AdaCamp was a series of unconferences organized by the Ada Initiative. AdaCamp was the only conference that focused on women's participation in open technology and culture, including the development of free and open source software and contributions to projects like Wikipedia. AdaCamps were among the projects and resources the Ada Initiative provided to make workplaces more friendly for women.

AdaCamps were held in Melbourne (January 2012), Washington, D.C. (July 2012), San Francisco (June 2013), Portland (June 2014), Berlin (October 2014), Bangalore (November 2015), and Montreal (April 2015). One hundred women from 10 countries participated at the July 2012 event, and it was larger than the initial Melbourne AdaCamp.
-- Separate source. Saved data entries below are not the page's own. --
//! The windows of a user's message files, tried one after the other.

ghost use Rattle.std.specs.Prelude.{true, ◌≡◌, ◌↔◌, ◌∷◌, ◌++◌, [], List, IsTrue, IfErr, IfNone, IfOk, IfSome, OnErr, OnOk, Some, option_map};
ghost use Rattle.std.specs.List.{AllByRecursion};
ghost use Rattle.sr_base.specs.Values.{offset_from};
ghost use Rattle.sr_mail_cut.specs.Bodies.{IsBody};
ghost use Rattle.sr_database_did.specs.Inner.Places.{IsLent};
ghost use Rattle.sr_receive_gather.specs.Fetches.{FetchStop};
ghost use Rattle.sr_receive_gather.specs.Inner.Fetches.{FoundAll};
ghost use Rattle.sr_logform.specs.Inner.Ops.{IsShortTransaction};
ghost use Rattle.sr_logform.specs.declared.op.Transaction.{Transaction as ATransaction};
ghost use Rattle.sr_mail.specs.Inner.Assembled.{AreOfOneWindow};
ghost use Rattle.sr_mail.specs.Inner.Inboxes.{IsNext};
ghost use Rattle.sr_mail.specs.Seen.{window_of};
ghost use Rattle.sr_mail.specs.declared.piece.Piece.{Piece as APiece};
ghost use Rattle.sr_receive.specs.Acts.{IsReadAs};
ghost use Rattle.sr_receive.specs.Inner.Running.{IsReadyPass, KeepsLoans, Runs, TriesFound, TriesRead, stand};
ghost use Rattle.sr_receive.specs.Inner.Stands.{IsResting, Loses};
ghost use Rattle.sr_receive_gather.specs.Windows.{AreOf, Spell};
ghost use Rattle.sr_receive_gather.specs.declared.fault.ReceiveFault.TheVariants.{Memory as memory};
ghost use Rattle.sr_receive_gather.specs.declared.report.Report.TheVariants.{Torn as torn_report};

use crate::pass::Pass;
use sr_base::{Copied, Name, NoMemory, Offset};
use sr_database_did::Place;
use sr_logform::Transaction;
use sr_mail::{Inbox, Piece, Window, assemble};
use sr_mail_cut::read_body;
use sr_msgform::Message;
use sr_receive_gather::{ReceiveFault, Report, fetch_all};
use sr_site::Site;
use std::alloc::Global;

impl<'d, 's, 'p, 'r, S: Site> Pass<'d, 's, 'p, 'r, S> {
    /// Tries windows as long as a whole one leads on from what was received.
    pub(crate) fn try_all(&mut self, inbox: &mut Inbox) -> Result<(), ReceiveFault>
        requires ready { IsReadyPass S.seen self.old }
        ensures loans { KeepsLoans self.old self.new }
        ensures ran { Runs S.seen self.old inbox.old [] self.new inbox.new [] result }
        ensures rest { OnOk result (IsResting (stand self.new inbox.new [])) }
    {
        'windows: for _ in 0..u64::MAX {
            let Some(pieces) = inbox.next(self.place.alloc, self.progress.received)? else {
                return Ok(());
            };
            match self.try_one(inbox, pieces) {
                Ok(()) => {}
                Err(fault) => return Err(fault),
            }
        }
        Err(ReceiveFault::Memory)
    }

    /// Tries the window of these pieces.
    fn try_one(&mut self, inbox: &mut Inbox, pieces: Vec<Piece>) -> Result<(), ReceiveFault>
        requires ready { IsReadyPass S.seen self.old }
        requires next { IsNext inbox.old self.old.progress.received.0 pieces.items }
        ensures loans { KeepsLoans self.old self.new }
        ensures ran { Runs S.seen self.old inbox.old [] self.new inbox.new [] result }
    {
        let Some(window) = window_of(pieces.as_slice()) else {
            drop(pieces);
            return Ok(());
        };
        match fetch_again(&mut self.place, self.user, pieces) {
            Ok(found) => self.try_found(inbox, window, found),
            Err(fault) => Err(fault),
        }
    }

    /// Tries a window of which the pieces were fetched again. It is dropped where one of them did not come.
    fn try_found(
        &mut self,
        inbox: &mut Inbox,
        window: Window,
        found: Option<Vec<(Piece, Message)>>,
    ) -> Result<(), ReceiveFault>
        requires ready { IsReadyPass S.seen self.old }
        requires filled { IfSome found (λ pairs. ¬ (pairs.items ≡ [])) }
        requires one_window { IfSome found (λ pairs. AreOfOneWindow pairs.items) }
        ensures loans { KeepsLoans self.old self.new }
        ensures ran { TriesFound S.seen self.old inbox.old self.new inbox.new window (option_map (λ pairs. pairs.items) found) result }
    {
        match found {
            None => {
                lose(inbox, window);
                Ok(())
            }
            Some(pairs) => {
                let read = read_window(self.place.alloc, window, pairs.as_slice());
                drop(pairs);
                match read {
                    Ok(read) => self.take_read(inbox, window, read),
                    Err(_) => Err(ReceiveFault::Memory),
                }
            }
        }
    }

    /// Takes the transactions that were read of a window. It is torn where none were, and reported as such before it is lost: where there is no memory for
    /// the report, nothing is done.
    fn take_read(
        &mut self,
        inbox: &mut Inbox,
        window: Window,
        read: Option<Vec<Transaction>>,
    ) -> Result<(), ReceiveFault>
        requires ready { IsReadyPass S.seen self.old }
        requires short { IfSome read (λ txs. AllByRecursion IsShortTransaction txs.items) }
        ensures loans { KeepsLoans self.old self.new }
        ensures ran { TriesRead S.seen self.old inbox.old self.new inbox.new window (option_map (λ txs. txs.items) read) result }
    {
        match read {
            None => match push_torn(self.place.alloc, self.reports, self.user, window) {
                Ok(()) => {
                    lose(inbox, window);
                    Ok(())
                }
                Err(fault) => Err(fault),
            },
            Some(transactions) => {
                let outcome = self.take_all(transactions.as_slice());
                drop(transactions);
                outcome
            }
        }
    }
}

/// Fetches the files of a window's pieces again.
fn fetch_again<'d, 's, S: Site>(
    place: &mut Place<'d, 's, S>,
    user: &Name,
    pieces: Vec<Piece>,
) -> Result<Option<Vec<(Piece, Message)>>, ReceiveFault>
    requires usable { place.old.db.now.log.usable ≡ true }
    ensures lent { IsLent place.old place.new }
    ensures db { place.new.db.now ≡ place.old.db.now }
    ensures found { IfOk result (λ found. FoundAll place.old.db.now.catalog.publisher user.now pieces.items (S.seen place.old.site.now) (S.seen place.new.site.now) (option_map (λ pairs. pairs.items) found)) }
    ensures cause { IfErr result (FetchStop place.old.db.now.catalog.publisher user.now pieces.items (S.seen place.old.site.now) (S.seen place.new.site.now)) }
{
    fetch_all(
        place.alloc,
        place.site,
        place.db.catalog().publisher(),
        user,
        pieces,
    )
}

/// The window is not tried again.
fn lose(inbox: &mut Inbox, window: Window)
    ensures lost { Loses inbox.old inbox.new window }
{
    inbox.drop_window(Offset(window.prev), Offset(window.upto), window.total);
}

/// Reports a torn window.
fn push_torn(
    alloc: Global,
    reports: &mut Vec<Report>,
    user: &Name,
    window: Window,
) -> Result<(), ReceiveFault>
    ensures torn { OnOk result (reports.new.items ≡ reports.old.items ++ torn_report user.now (offset_from window.prev) (offset_from window.upto) ∷ []) }
    ensures err { OnErr result (reports.new.items ≡ reports.old.items) }
    ensures memory { IfErr result (λ fault. fault ≡ memory) }
{
    reports.push(Report::Torn {
        user: user.copy(alloc)?,
        prev: Offset(window.prev),
        upto: Offset(window.upto),
    })?;
    Ok(())
}

/// The window of pieces, all of which are of one.
fn window_of(pieces: &[Piece]) -> Option<Window>
    ensures found { IfSome result (λ w. (p : APiece) × (rest : List APiece) × (pieces.now ≡ p ∷ rest) × (w ≡ window_of p)) }
    ensures none { IfNone result (pieces.now ≡ []) }
{
    match pieces.split_first() {
        Some((piece, _)) => Some(piece.window()),
        None => None,
    }
}

/// The transactions that the bytes of a window spell. `None` where they spell none of it.
fn read_window(
    alloc: Global,
    window: Window,
    pairs: &[(Piece, Message)],
) -> Result<Option<Vec<Transaction>>, NoMemory>
    requires some { ¬ (pairs.now ≡ []) }
    requires one_window { AreOfOneWindow pairs.now }
    ensures read { IfOk result (λ found. IfSome found (λ txs. IsReadAs pairs.now window txs.items)) }
    ensures none { IfOk result (λ found. IfNone found ((txs : List ATransaction) → ¬ (IsReadAs pairs.now window txs))) }
    ensures short { IfOk result (λ found. IfSome found (λ txs. AllByRecursion IsShortTransaction txs.items)) }
{
    match assemble(alloc, pairs)? {
        None => Ok(None),
        Some(bytes) => {
            let read = read_spelled(alloc, window, bytes.as_slice());
            drop(bytes);
            read
        }
    }
}

/// The transactions of a window that bytes spell. `None` where they spell none of it.
fn read_spelled(
    alloc: Global,
    window: Window,
    bytes: &[u8],
) -> Result<Option<Vec<Transaction>>, NoMemory>
    ensures read { IfOk result (λ found. IfSome found (λ txs. Spell window bytes.now txs.items)) }
    ensures none { IfOk result (λ found. IfNone found ((txs : List ATransaction) → ¬ (Spell window bytes.now txs))) }
    ensures short { IfOk result (λ found. IfSome found (λ txs. AllByRecursion IsShortTransaction txs.items)) }
{
    let read = read_body(alloc, bytes)?;
    Ok(fit(window, read))
}

/// Transactions, where they are of the window.
fn fit(window: Window, read: Option<Vec<Transaction>>) -> Option<Vec<Transaction>>
    requires body { IfSome read (λ txs. IsBody txs.items) }
    ensures fit { IfSome result (λ txs. (read ≡ Some txs) × AreOf window txs.items) }
    ensures none { IfNone result ((txs : List ATransaction) → option_map (λ ts. ts.items) read ≡ Some txs → ¬ (AreOf window txs)) }
{
    match read {
        None => None,
        Some(transactions) => {
            if are_of(window, transactions.as_slice()) {
                return Some(transactions);
            }
            drop(transactions);
            None
        }
    }
}

/// Whether rising transactions are of a window: the first lies past its beginning, and the last is its end.
fn are_of(window: Window, transactions: &[Transaction]) -> bool
    requires body { IsBody transactions.now }
    ensures { IsTrue result ↔ AreOf window transactions.now }
{
    let Some((first, _)) = transactions.split_first() else {
        return false;
    };
    let Some((last, _)) = transactions.split_last() else {
        return false;
    };
    window.prev < first.at.0 && last.at.0 == window.upto
}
Co-founder Valerie Aurora said that the reasons for AdaCamp included "to make progress quickly on difficult problems, to share knowledge, and to network with each other." As an unconference, attendees lead sessions on subjects that they chose. Along with women interested in open source software, attendees could include women interested in open access, open education, hackerspaces, digital liberties activism, wiki culture, and other topics.

In June 2015, Ada Initiative organizers announced the end of AdaCamp and an upcoming open source "AdaCamp Toolkit", a series of planning documents meant to outline how to run an event like AdaCamp.